Windows are filtered by setting some minimum threshold on this increase. Here, a fold change of 3 is necessary for a window to be considered as containing a binding site.
In this example, you estimate the global background using ChIP samples only. You can do it using the entire dataset of course.
bam.files_chip <- c(k79_100_1,k79_100_2)
bin.size <- 2000L
binned.ip <- windowCounts(bam.files_chip, bin=TRUE, width=bin.size, ext=frag.len)
data.ip=data[,1:2]
filter.stat <- filterWindows(data.ip, background=binned.ip, type="global")
keep <- filter.stat$filter > log2(3)
data.filt <- data[keep,]
To examine how many windows passed the filtering:
summary(keep)
## Mode FALSE TRUE
## logical 56543 61752
To normalise the data for different library sizes you need to calculate normalisation factors based on large bins:
binned <- windowCounts(bam.files, bin=TRUE, width=10000)
data.filt <- normOffsets(binned, se.out=data.filt)
data.filt$norm.factors
## [1] 0.9970575 0.9970575 0.9310318 1.0804262
Detection of DB windows:
data.filt.calc <- asDGEList(data.filt)
data.filt.calc <- estimateDisp(data.filt.calc, design)
fit <- glmQLFit(data.filt.calc, design, robust=TRUE)
results <- glmQLFTest(fit, contrast=contrast)
You can inspect the raw results:
> head(results$table)
logFC logCPM F PValue
1 5.12314899 3.507425 2.028955e+10 0.004065537
2 1.24105882 3.644954 3.018273e+00 0.210391635
3 1.24105882 3.644954 3.018273e+00 0.210391635
4 1.07213133 4.470860 2.003744e+00 0.279525197
5 0.44631285 4.740069 2.820544e-01 0.643192436
6 0.03694957 4.829412 1.729703e-02 0.939536489
The following steps will calculate the FDR for each peak, merge peaks withink 1 kb and calculate the FDR for these composite peaks.
merged <- mergeWindows(rowRanges(data.filt), tol=1000L)
table.combined <- combineTests(merged$id, results$table)
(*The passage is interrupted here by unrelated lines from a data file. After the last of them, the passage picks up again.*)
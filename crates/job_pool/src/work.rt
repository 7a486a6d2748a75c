// What one worker does, and workers in threads of their own.
ghost use Rattle.std.specs.Prelude.{◌≡◌, ℕ, ◌+◌, ◌*◌, ◌^◌, ◌<◌, ◌≤◌, [], length, IfOk, IsOkAnd, OnOk, ◌++◌};
ghost use Rattle.std.specs.Thread.{IsSend, IsSync};
ghost use Rattle.job_pool.specs.Jobs.{Adds, AreDone, IsReady};

use crate::task::Task;
use crate::tickets::{Seat, Tickets};
use std::alloc::{AllocError, Global};
use std::thread::{Threads, join};

/// The number of a job, and how it ended.
#[derive(Drop)]
pub struct Done<X> {
    pub number: u64,
    pub end: X,
}

/// What the workers of a run share.
#[derive(Drop)]
pub(crate) struct Shift<'a, T, J> {
    pub alloc: Global,
    pub tickets: &'a Tickets,
    pub elements: &'a [T],
    pub task: &'a J,
}

// Does the job of this number.
fn add_job<T, X: Drop, J: Task<T, X>>(
    shift: &Shift<'_, T, J>,
    done: &mut Vec<Done<X>>,
    number: u64,
) -> Result<(), AllocError>
    requires number { number < length shift.now.elements.now }
    ensures { OnOk result (Adds (J.ends shift.now.task.now) shift.now.elements.now number done.old.items done.new.items) }
{
    let end = shift.task.end(number, &shift.elements[number as usize])?;
    done.push(Done { number, end })?;
    Ok(())
}

// Draws numbers until one is past the last job, and does the job of each.
fn work<T, X: Drop, J: Task<T, X>>(
    shift: &Shift<'_, T, J>,
    mut seat: Seat,
) -> (Seat, Result<Vec<Done<X>>, AllocError>)
    requires jobs { length shift.now.elements.now < 2 ^ 32 }
    requires ready { IsReady shift.now.tickets.now (length shift.now.elements.now) 1 seat }
    ensures seat { (result.0.word ≡ seat.word) × (length result.0.numbers + result.0.allowance ≡ seat.allowance) }
    ensures done { IfOk result.1 (λ v. AreDone
        (J.ends shift.now.task.now) shift.now.elements.now 1 result.0.numbers v.items) }
{
    let mut done = Vec::new(shift.alloc);
    'jobs: loop {
        let number = shift.tickets.draw(&mut seat);
        if number >= shift.elements.len() as u64 {
            return (seat, Ok(done));
        }
        if let Err(refused) = add_job(shift, &mut done, number) {
            return (seat, Err(refused));
        }
    }
}

// What both brought back.
fn both<X: Drop>(
    mine: Result<Vec<Done<X>>, AllocError>,
    theirs: Result<Vec<Done<X>>, AllocError>,
) -> Result<Vec<Done<X>>, AllocError>
    ensures { IfOk result (λ v. IsOkAnd mine (λ m. IsOkAnd theirs (λ t. v.items ≡ m.items ++ t.items))) }
{
    let mut all = mine?;
    let mut more = theirs?;
    all.append(&mut more)?;
    Ok(all)
}

/// As many workers, in threads of their own, each drawing until its number is past the last job. One worker works in
/// this thread.
pub(crate) fn work_all<R: Threads + Sync, T: Sync, X: Send + Drop, J: Task<T, X> + Sync>(
    rt: &R,
    shift: &Shift<'_, T, J>,
    mut seat: Seat,
    workers: u32,
) -> (Seat, Result<Vec<Done<X>>, AllocError>)
    requires jobs { length shift.now.elements.now < 2 ^ 32 }
    requires workers { (0 < workers) × (workers ≤ 64) }
    requires ready { IsReady shift.now.tickets.now (length shift.now.elements.now) workers seat }
    ensures seat { (result.0.word ≡ seat.word) × (length result.0.numbers + result.0.allowance ≡ seat.allowance) }
    ensures done { IfOk result.1 (λ v. AreDone
        (J.ends shift.now.task.now) shift.now.elements.now workers result.0.numbers v.items) }
{
    if workers == 1 {
        return work(shift, seat);
    }
    let rest = workers - 1;
    let other = shift
        .tickets
        .split(&mut seat, shift.elements.len() as u64 + 1);
    // The first call is made in a new thread, so that all threads are started from this one: those that a new thread
    // starts are often put onto its own processor.
    let ((other, theirs), (mut seat, mine)) = join(
        rt,
        || -> (Seat, Result<Vec<Done<X>>, AllocError>)
            requires { IsSync T.row × IsSend X.row × IsSync J.row × (length shift.now.elements.now < 2 ^ 32)
                × IsReady shift.now.tickets.now (length shift.now.elements.now) 1 other }
            ensures seat { (result.0.word ≡ other.word) ×
                (length result.0.numbers + result.0.allowance ≡ other.allowance) }
            ensures done { IfOk result.1 (λ v. AreDone
                (J.ends shift.entry.now.task.now) shift.entry.now.elements.now 1 result.0.numbers v.items) }
        { work(shift, other) },
        || -> (Seat, Result<Vec<Done<X>>, AllocError>)
            requires { IsSync R.row × IsSync T.row × IsSend X.row × IsSync J.row ×
                (length shift.now.elements.now < 2 ^ 32)
                × (0 < rest) × (rest ≤ 64) × IsReady shift.now.tickets.now (length shift.now.elements.now) rest seat }
            ensures seat { (result.0.word ≡ seat.word) ×
                (length result.0.numbers + result.0.allowance ≡ seat.allowance) }
            ensures done { IfOk result.1 (λ v. AreDone
                (J.ends shift.entry.now.task.now) shift.entry.now.elements.now rest result.0.numbers v.items) }
        { work_all(rt, shift, seat, rest) },
    );
    shift.tickets.join(&mut seat, other);
    (seat, both(mine, theirs))
}
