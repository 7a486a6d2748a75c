//! The clock and the asynchronous resets of the instances of a list of modules: what a block with edges waits for, and
//! which inputs of the top reach the one-bit inputs of instances.
#![tactic(auto)]

mod asyncs;
mod bits;
mod clocks;
mod condition;
mod head;
mod kept;
mod reads;
mod reset;
mod table;
mod timing;
mod timings;
mod ways;

pub use clocks::{Clocks, clocks_of};
pub use reset::Reset;
pub use table::{Link, Table, child_table, top_table};
pub use timing::{Timing, timing_of};
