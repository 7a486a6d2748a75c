//! Tasks done with the elements of a list by workers in threads of their own, which draw the numbers of the elements
//! from one shared word; and obligations decided so.
#![tactic(auto)]

mod crew;
mod evidence;
mod order;
mod rule;
mod run;
mod task;
mod tickets;
mod work;

pub use crew::{Crew, Ran};
pub use evidence::Evidence;
pub use run::run_jobs;
pub use task::Task;
pub use tickets::{Seat, Tickets};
Short inspection of the results:
head(table.combined)
## nWindows logFC.up logFC.down PValue FDR direction
## 1 16 5 3 0.065048599 0.083668125 up
## 2 23 0 20 0.004044035 0.008745581 down
## 3 1 0 1 0.167741339 0.203667724 down
## 4 2 2 0 0.210391635 0.233814958 up
## 5 7 6 0 0.013399521 0.020487780 up
## 6 1 1 0 0.057954382 0.075061398 up
How many regions are up (i.e. enriched in chip compared to input)?
is.sig.region <- table.combined$FDR <= 0.1
table(table.combined$direction[is.sig.region])
## down mixed up
## 57 32 2103
Does this make sense? How does it compare to results obtained from a MACS run?
You can now annotate the results as in the csaw TF exercise:
library(org.Hs.eg.db)
library(TxDb.Hsapiens.UCSC.hg38.knownGene)
anno <- detailRanges(merged$region, txdb=TxDb.Hsapiens.UCSC.hg38.knownGene,
orgdb=org.Hs.eg.db, promoter=c(3000, 1000), dist=5000)
merged$region$overlap <- anno$overlap
merged$region$left <- anno$left
merged$region$right <- anno$right
all.results <- data.frame(as.data.frame(merged$region)[,1:3], table.combined, anno)
sig=all.results[all.results$FDR<0.05,]
all.results <- all.results[order(all.results$PValue),]
head(all.results)
filename="k79me2_100_csaw.txt"
write.table(all.results,filename,sep="\t",quote=FALSE,row.names=FALSE)
To compare with peaks detected by MACS it is convenient to save the results in BED
format:
sig.up=sig[sig$direction=="up",]
starts=sig.up[,2]-1
sig.up[,2]=starts
sig_bed=sig.up[,c(1,2,3)]
filename="k79me2_100_peaks.bed"
write.table(sig_bed,filename,sep="\t",col.names=FALSE,quote=FALSE,row.names=FALSE)
You can now load the bed
file to IGV
along with the appropriate broad.Peak
file and zoom in to your favourite location on chromosome 1.